The expected output is a verbatim reprint of the lines from the beginning of the data that follows through the line that contains "pub struct Desk<D: Disk>".

Supplied material –
****************************************

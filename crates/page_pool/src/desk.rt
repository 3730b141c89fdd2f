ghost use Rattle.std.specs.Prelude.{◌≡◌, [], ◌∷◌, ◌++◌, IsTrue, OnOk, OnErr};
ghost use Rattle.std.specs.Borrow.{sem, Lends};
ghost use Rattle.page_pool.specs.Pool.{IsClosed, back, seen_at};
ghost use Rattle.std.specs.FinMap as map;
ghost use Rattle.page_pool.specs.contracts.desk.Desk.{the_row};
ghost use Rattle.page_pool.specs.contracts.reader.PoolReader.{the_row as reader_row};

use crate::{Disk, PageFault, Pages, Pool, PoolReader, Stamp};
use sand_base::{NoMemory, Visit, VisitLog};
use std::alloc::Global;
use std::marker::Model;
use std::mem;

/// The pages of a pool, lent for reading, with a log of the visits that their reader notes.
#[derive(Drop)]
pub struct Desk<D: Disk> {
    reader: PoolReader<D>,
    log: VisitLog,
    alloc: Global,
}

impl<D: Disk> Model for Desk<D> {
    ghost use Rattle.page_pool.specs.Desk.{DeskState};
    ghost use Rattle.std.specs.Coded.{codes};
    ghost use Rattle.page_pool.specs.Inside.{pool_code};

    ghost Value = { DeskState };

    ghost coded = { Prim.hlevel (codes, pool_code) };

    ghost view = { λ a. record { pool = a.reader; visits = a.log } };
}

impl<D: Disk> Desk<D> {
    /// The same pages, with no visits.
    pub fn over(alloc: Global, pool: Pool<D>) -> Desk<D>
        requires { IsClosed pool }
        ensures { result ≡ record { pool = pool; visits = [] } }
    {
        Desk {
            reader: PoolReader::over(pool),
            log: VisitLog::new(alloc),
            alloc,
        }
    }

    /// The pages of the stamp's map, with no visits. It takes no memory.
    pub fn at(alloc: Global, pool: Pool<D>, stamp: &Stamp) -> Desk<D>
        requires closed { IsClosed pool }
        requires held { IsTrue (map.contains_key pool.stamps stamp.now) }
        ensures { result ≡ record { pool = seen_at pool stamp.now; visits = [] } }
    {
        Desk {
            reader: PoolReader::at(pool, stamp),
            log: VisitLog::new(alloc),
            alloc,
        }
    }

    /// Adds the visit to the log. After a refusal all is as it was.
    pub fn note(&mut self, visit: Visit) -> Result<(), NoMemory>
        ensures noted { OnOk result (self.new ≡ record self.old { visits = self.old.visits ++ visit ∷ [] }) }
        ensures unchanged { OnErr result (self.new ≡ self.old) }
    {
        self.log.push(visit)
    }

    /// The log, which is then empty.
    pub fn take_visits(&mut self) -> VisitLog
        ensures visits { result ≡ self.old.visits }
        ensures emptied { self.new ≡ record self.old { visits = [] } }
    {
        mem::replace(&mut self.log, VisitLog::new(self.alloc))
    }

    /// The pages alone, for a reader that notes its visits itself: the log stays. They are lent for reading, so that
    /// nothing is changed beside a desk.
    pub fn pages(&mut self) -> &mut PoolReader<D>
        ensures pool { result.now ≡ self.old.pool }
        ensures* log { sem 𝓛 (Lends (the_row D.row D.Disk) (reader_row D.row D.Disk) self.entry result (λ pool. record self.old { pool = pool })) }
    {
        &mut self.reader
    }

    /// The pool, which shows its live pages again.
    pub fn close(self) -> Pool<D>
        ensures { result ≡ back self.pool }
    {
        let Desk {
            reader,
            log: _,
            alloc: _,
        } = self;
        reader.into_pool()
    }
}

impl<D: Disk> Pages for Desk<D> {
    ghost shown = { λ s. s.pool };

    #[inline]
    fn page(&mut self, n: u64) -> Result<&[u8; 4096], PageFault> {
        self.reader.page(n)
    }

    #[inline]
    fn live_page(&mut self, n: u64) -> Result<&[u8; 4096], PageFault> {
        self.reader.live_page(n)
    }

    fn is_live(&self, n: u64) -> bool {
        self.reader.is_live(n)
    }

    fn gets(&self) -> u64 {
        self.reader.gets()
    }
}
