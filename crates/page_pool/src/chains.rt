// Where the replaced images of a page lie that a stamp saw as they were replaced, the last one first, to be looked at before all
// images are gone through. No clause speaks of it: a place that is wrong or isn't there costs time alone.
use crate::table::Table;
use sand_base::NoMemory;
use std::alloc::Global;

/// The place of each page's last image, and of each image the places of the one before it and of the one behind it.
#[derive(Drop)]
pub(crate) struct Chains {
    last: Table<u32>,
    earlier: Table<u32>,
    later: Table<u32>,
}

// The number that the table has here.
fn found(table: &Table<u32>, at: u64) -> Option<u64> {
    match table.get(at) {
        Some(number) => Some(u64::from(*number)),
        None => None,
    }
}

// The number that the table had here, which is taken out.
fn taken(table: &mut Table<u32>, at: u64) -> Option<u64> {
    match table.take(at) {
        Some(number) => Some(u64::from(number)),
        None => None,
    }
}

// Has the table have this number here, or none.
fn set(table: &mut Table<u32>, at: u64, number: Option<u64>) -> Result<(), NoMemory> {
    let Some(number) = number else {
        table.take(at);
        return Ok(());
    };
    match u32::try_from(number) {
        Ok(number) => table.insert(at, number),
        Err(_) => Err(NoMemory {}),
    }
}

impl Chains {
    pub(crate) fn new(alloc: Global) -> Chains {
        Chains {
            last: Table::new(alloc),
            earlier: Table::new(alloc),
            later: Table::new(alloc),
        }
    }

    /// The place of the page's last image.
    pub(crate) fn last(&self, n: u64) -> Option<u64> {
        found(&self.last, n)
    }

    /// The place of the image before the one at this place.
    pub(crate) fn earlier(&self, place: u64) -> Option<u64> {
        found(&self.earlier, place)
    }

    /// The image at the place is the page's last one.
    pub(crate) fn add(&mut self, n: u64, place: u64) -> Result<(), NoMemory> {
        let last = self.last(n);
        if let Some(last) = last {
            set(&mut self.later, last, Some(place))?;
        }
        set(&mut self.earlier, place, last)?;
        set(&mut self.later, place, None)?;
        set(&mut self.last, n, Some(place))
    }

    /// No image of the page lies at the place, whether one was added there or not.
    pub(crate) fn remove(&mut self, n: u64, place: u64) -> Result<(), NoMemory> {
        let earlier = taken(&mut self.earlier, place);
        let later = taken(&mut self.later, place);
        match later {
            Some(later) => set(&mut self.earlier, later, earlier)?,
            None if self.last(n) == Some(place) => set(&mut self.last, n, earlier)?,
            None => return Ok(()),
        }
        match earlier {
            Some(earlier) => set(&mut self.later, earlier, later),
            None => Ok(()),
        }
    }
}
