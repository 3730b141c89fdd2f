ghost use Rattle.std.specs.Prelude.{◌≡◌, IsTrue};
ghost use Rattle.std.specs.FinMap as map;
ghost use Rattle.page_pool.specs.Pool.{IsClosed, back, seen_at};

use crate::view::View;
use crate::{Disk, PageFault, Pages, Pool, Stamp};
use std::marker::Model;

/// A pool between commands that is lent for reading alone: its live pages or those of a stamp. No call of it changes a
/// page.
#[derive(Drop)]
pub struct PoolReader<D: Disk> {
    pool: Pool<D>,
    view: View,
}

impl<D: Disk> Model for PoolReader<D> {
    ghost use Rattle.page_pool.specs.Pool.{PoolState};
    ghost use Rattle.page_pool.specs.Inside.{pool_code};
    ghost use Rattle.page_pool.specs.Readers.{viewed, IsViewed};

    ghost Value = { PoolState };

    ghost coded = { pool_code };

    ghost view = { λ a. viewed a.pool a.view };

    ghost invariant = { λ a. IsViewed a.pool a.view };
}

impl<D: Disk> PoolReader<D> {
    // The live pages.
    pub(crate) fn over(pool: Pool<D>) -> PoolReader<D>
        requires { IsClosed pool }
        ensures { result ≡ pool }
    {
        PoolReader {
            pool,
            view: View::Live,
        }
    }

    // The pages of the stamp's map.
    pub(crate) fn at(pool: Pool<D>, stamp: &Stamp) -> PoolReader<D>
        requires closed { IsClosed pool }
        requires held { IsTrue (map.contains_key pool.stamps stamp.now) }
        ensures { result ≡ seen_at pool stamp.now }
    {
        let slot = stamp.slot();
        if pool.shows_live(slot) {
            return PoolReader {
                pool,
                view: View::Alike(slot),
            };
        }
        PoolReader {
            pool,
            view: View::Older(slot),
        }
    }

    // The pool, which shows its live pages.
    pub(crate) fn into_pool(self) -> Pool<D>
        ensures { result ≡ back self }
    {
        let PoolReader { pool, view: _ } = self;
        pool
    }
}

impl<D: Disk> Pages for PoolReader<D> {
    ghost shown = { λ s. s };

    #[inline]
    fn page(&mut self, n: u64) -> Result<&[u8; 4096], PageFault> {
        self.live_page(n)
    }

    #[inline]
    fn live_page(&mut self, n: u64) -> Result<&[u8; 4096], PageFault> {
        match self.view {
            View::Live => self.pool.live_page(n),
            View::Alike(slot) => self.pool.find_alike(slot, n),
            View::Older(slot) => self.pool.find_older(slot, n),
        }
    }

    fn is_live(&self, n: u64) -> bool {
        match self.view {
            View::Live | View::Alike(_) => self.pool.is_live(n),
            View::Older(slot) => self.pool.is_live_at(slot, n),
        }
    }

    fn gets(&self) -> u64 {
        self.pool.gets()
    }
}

****************************************

Response area –
filename crates/page_pool/src/desk.rt
repository 3730b141c89fdd2f
ghost use Rattle.std.specs.Prelude.{◌≡◌, [], ◌∷◌, ◌++◌, IsTrue, OnOk, OnErr};
ghost use Rattle.std.specs.Borrow.{sem, Lends};
ghost use Rattle.page_pool.specs.Pool.{IsClosed, back, seen_at};
ghost use Rattle.std.specs.FinMap as map;
ghost use Rattle.page_pool.specs.contracts.desk.Desk.{the_row};
ghost use Rattle.page_pool.specs.contracts.reader.PoolReader.{the_row as reader_row};

use crate::{Disk, PageFault, Pages, Pool, PoolReader, Stamp};
use sand_base::{NoMemory, Visit, VisitLog};
use std::alloc::Global;
use std::marker::Model;
use std::mem;

/// The pages of a pool, lent for reading, with a log of the visits that their reader notes.
#[derive(Drop)]
pub struct Desk<D: Disk> {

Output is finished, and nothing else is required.